In Hive, we often have this requirement: Perform GroupBy based on the same id and deduplicate the other field. For example, the following data is obtained: idpic1.jpg2.jpg1.jpg, neither DISTINCT nor 2col can be used to obtain GroupBy. We can use this UDAF: collect_set (col) to obtain ke for the same groupby.
In Hive, we often have this requirement: Perform Group By based on the same id and deduplicate the other field. For example, the following data is obtained: id pic1.jpg2.jpg1.jpg, neither DISTINCT nor 2 col can be used to get Group By. We can use this UDAF: collect_set (col), which will get ke for the same group
In Hive, we often have this requirement:
Perform Group By based on the same id and deduplicate the other field. For example, the following data is obtained:
Id pic1.jpg2.jpg1.jpg
At this time, it is impossible to get Group By using DISTINCT or 2 col. We can use this UDAF: collect_set (col ), it performs set deduplication on the key obtained by the same group by and converts it to an array.

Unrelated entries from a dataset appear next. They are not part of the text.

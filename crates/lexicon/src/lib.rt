// The entries of a minimalist lexicon: their feature bytes, refusals 30 and 10 (document 02, paper 6).
#![tactic(auto)]

mod entries;
mod features;

pub use entries::{ENTRY, before_zero, entries_refusal, entry_bytes, entry_word};
pub use features::{is_licensee, is_licensor, licenses, selects};
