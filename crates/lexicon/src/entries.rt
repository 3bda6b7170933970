// The entries of a lexicon: refusals 30 and 10.
ghost use Rattle.std.specs.Prelude.{◌≡◌, ◌&&◌, ◌%◌, eqb, length};
ghost use Rattle.model.specs.GrammarFile.{within};
ghost use Rattle.model.specs.Base.{every, any_below};
ghost use Rattle.model.specs.Verdict.{tested};
ghost use Rattle.minimalist.specs.Lexicon.{is_feature, before_zero, entry_bytes, word_in, wrong_entry, entries, wrong_lexicon, repeated_entry, entries_refusal};

use crate::features::is_feature;
use grammar::{few_zeros, fields, same_bytes, two_bytes};
use model::{EMPTY_WORD, Refusal, Word};

// The bytes of an entry.
pub const ENTRY: usize = 8;

// The most entries of a lexicon.
const ENTRIES: usize = 32;

// The most words of a lexicon.
const WORDS: u32 = 4096;

// The categories that a feature byte or a start can name are 1 to this one.
const CATEGORIES: u32 = 15;

// The 8 bytes of entry i.
pub fn entry_bytes(bytes: &[u8], i: u16) -> &[u8]
    ensures { result.now ≡ entry_bytes bytes.now i }
{
    fields(bytes, ENTRY * usize::from(i), ENTRY)
}

// The word of an entry, from its 8 bytes.
pub fn entry_word(e: &[u8]) -> Word
    ensures { result.0 ≡ word_in e.now }
{
    Word(two_bytes(e, 0))
}

// How many bytes are before the first 0.
pub fn before_zero(bytes: &[u8]) -> usize
    ensures { result ≡ length (before_zero bytes.now) }
{
    bytes.iter().position(|b| *b == 0).unwrap_or(bytes.len())
}

// Whether every byte before the first 0 is a feature.
fn all_features(bytes: &[u8]) -> bool
    ensures { result ≡ every is_feature (before_zero bytes.now) }
{
    bytes
        .iter()
        .take_while(|b| **b != 0)
        .all(|b| is_feature(*b))
}

// Refusal 30 of the 8 bytes of an entry.
fn entry_wrong(e: &[u8], words: u32) -> bool
    ensures { result ≡ wrong_entry words e.now }
{
    let six = fields(e, 2, 6);
    let n = before_zero(six);
    let word = entry_word(e);
    n == 0
        || !all_features(six)
        || !few_zeros(six, n, 6)
        || words <= u32::from(word.0) && word.0 != EMPTY_WORD
}

// Whether an entry of the first n is wrong.
fn some_wrong(bytes: &[u8], words: u32, n: u16) -> bool
    ensures { result ≡ any_below (λ i. wrong_entry words (entry_bytes bytes.now i)) n }
{
    (0..n).any(|i| entry_wrong(entry_bytes(bytes, i), words))
}

// Whether the length, the word count and the start are in range.
fn numbers_right(bytes: &[u8], words: u32, start: u32) -> bool
    ensures { result ≡ (eqb (length bytes.now % 8) 0 && within 1 32 (entries bytes.now) && within 1 4096 words && within 1 15 start) }
{
    let n = bytes.len() / ENTRY;
    bytes.len() % ENTRY == 0
        && (1..=ENTRIES).contains(&n)
        && (1..=WORDS).contains(&words)
        && (1..=CATEGORIES).contains(&start)
}

// Refusal 30.
fn lexicon_wrong(bytes: &[u8], words: u32, start: u32) -> bool
    ensures { result ≡ wrong_lexicon bytes.now words start }
{
    !numbers_right(bytes, words, start) || some_wrong(bytes, words, (bytes.len() / ENTRY) as u16)
}

// Refusal 10: entry i is equal to an earlier one.
fn repeated_entry(bytes: &[u8], i: u16) -> bool
    ensures { result ≡ repeated_entry bytes.now i }
{
    let e = entry_bytes(bytes, i);
    (0..i).any(|j| same_bytes(entry_bytes(bytes, j), e))
}

// Refusals 30 and 10.
pub fn entries_refusal(bytes: &[u8], words: u32, start: u32) -> Result<(), Refusal>
    ensures { result ≡ tested (entries_refusal bytes.now words start) }
{
    if lexicon_wrong(bytes, words, start) {
        return Err(Refusal::Grammar(30, 0));
    }
    let n = (bytes.len() / ENTRY) as u16;
    for i in 0..n {
        if repeated_entry(bytes, i) {
            return Err(Refusal::Grammar(10, i));
        }
    }
    Ok(())
}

For another example, We Can deduplicate and splice the image:
SELECT id, CONCAT_WS (',', COLLECT_SET (pic) FROM tbl group by id
Here CONCAT_WS is a UDF and COLLECT_SET is a UDAF. it de-duplicates the group pic and converts it to an array to facilitate udf usage.
PS: You can use COLLECT_LIST to remove duplicates.
For more UDAF, see https://cwiki.apache.org/confluence/display/Hive/LanguageManual+UDF here
Original article address: deduplication of Group By in Hive. Thank you for sharing it with the original author.